When Australia celebrated its National Day a few days late in Madras, presumably not to clash with India’s Republic Day, it took the opportunity to also highlight the fast-growing Indo-Australian links in trade and education, to host the release of a book on Sister Mary Theodore Asmar who spent most of her life in Madras, and to introduce its new Consul-General in South India, Sean Kelly.

Indo-Australian links we all know are growing and will continue to grow, so let me not dwell on the obvious. The book on Sr.Mary Theodore, on the other hand, had an out of the book story. It has been written by Prof. Peter Gale from the University of South Australia and the link with the good Sister goes back thirty years and more when his father came out to Madras with 200 head of cattle, probably heading inland. So impressed was Gale Sr. with the work she was doing, he set up a trust that still helps MITHRA, the Madras Institute to Habilitate Retarded Afflicted in Anna Nagar.

Sr. Mary Theodore, Brisbane-born of Lebanese stock, came out to India in 1951 as a Franciscan nun to teach at St Raphael’s Girls’ High School in Mylapore. She moved on to convents in Cochin and Coimbatore where, though she had degrees in Commerce and Law, she worked in their nursing and administration sections. But feeling that the afflicted needed more attention than those in the institutions that she had been working with, she moved out of her formal relationship with the Church and set up `Mithra’ in 1977 to rehabilitate less abled poor children. From small beginnings, MITHRA has grown into a large, well-equipped campus where annually young students from abroad, mainly from Australia, come out to help as volunteers. The word they spread when they go back home has ensured a steady flow of donations that has made MITHRA the centre of excellence it is. Helping too was the $40,000 Sr. Mary Theodore received from the Australian Government in 1994 – her long-delayed pension for work before she joined the Order.

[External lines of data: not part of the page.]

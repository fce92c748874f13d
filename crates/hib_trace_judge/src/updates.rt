// The judgement of a write.
ghost use Rattle.hib_trace_calls.specs.Numbers.{IsBelow};
ghost use Rattle.hib_trace_judge.specs.Found.{AreReady, IsWriteFoundIn};
ghost use Rattle.hib_trace_judge.specs.Updates as updates;
ghost use Rattle.hib_trace_judge.specs.Updates.{IsLostIf, IsUpdateJudged};
ghost use Rattle.hib_traces.specs.Stands.{Stands};
ghost use Rattle.std.specs.Prelude.{◌≡◌};

use hib_trace_calls::{Call, Fate, fate_at, write_of};
use hib_trace_filed::{Filed, Limits, commit_of};
use hib_trace_findings::{Judgement, lost_update};
use hib_trace_law::Commit;
use hib_traces::{Order, contradicts};

// By when the row that a commit rests on had been replaced, if that is told and certain.
fn lost_if(order: &Order, commit: &Commit, base: Option<usize>) -> Option<u64>
    requires { Stands order.now }
    ensures { IsLostIf order.now.commits.items commit.now base result }
{
    match base {
        None => None,
        Some(base) => lost_update(order, commit, base),
    }
}

// What is told of a write whose update was lost, or whose commit contradicts the order, or not.
fn update_told(lost: Option<u64>, contradicted: bool) -> Option<Judgement>
    ensures { result ≡ updates.update_told lost contradicted }
{
    match lost {
        Some(_) => Some(Judgement::LostUpdate),
        None => {
            if contradicted {
                Some(Judgement::Contradicted)
            } else {
                None
            }
        }
    }
}

// The judgement of a write that came to this commit, if it was made or may have been.
fn judge_update(order: &Order, commit: Option<Commit>, base: Option<usize>) -> Option<Judgement>
    requires { Stands order.now }
    ensures { IsUpdateJudged order.now.commits.items commit base result }
{
    match commit {
        None => None,
        Some(commit) => {
            let lost = lost_if(order, &commit, base);
            let contradicted = contradicts(order, commit.version, commit.begin);
            update_told(lost, contradicted)
        }
    }
}

/// The judgement of a write, by what became of the transactions.
pub fn judge_write(
    filed: &Filed,
    fates: &[Option<Fate>],
    count: usize,
    call: &Call,
    limits: &Limits,
) -> Option<Judgement>
    requires ready { AreReady count filed.now }
    requires key { IsBelow count call.now.key }
    ensures { IsWriteFoundIn filed.now fates.now limits.now call.now result }
{
    match write_of(call, fate_at(fates, call.transaction)) {
        None => None,
        Some(write) => judge_update(
            &filed.commits[write.key],
            commit_of(&write, limits),
            call.base,
        ),
    }
}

Much honoured in Australia and India, Sr. Mary Thoedore, called by many the Mother Teresa of South India, passed away in 2012. To the end she believed she was “God’s Donkey”, as she described herself, serving, submitting and being stubborn. That description is what Gale has titled his book.

As for the new Consul General, Sean Kelly introduced himself mentioning that he was the fourth generation to be associated with South India. His great-grandfather jumped ship in Madras and later worked in Coimbatore, his grandfather worked in the PWD, and died in Bangalore, his father grew up in India and served in the Indian Army and migrated to Australia, and here was Sean Kelly following his forefathers into South India. Tracing that ancestral trail is what he plans to spend some time on during his stint in Madras. Perhaps those who have access to old PWD and Church records could help.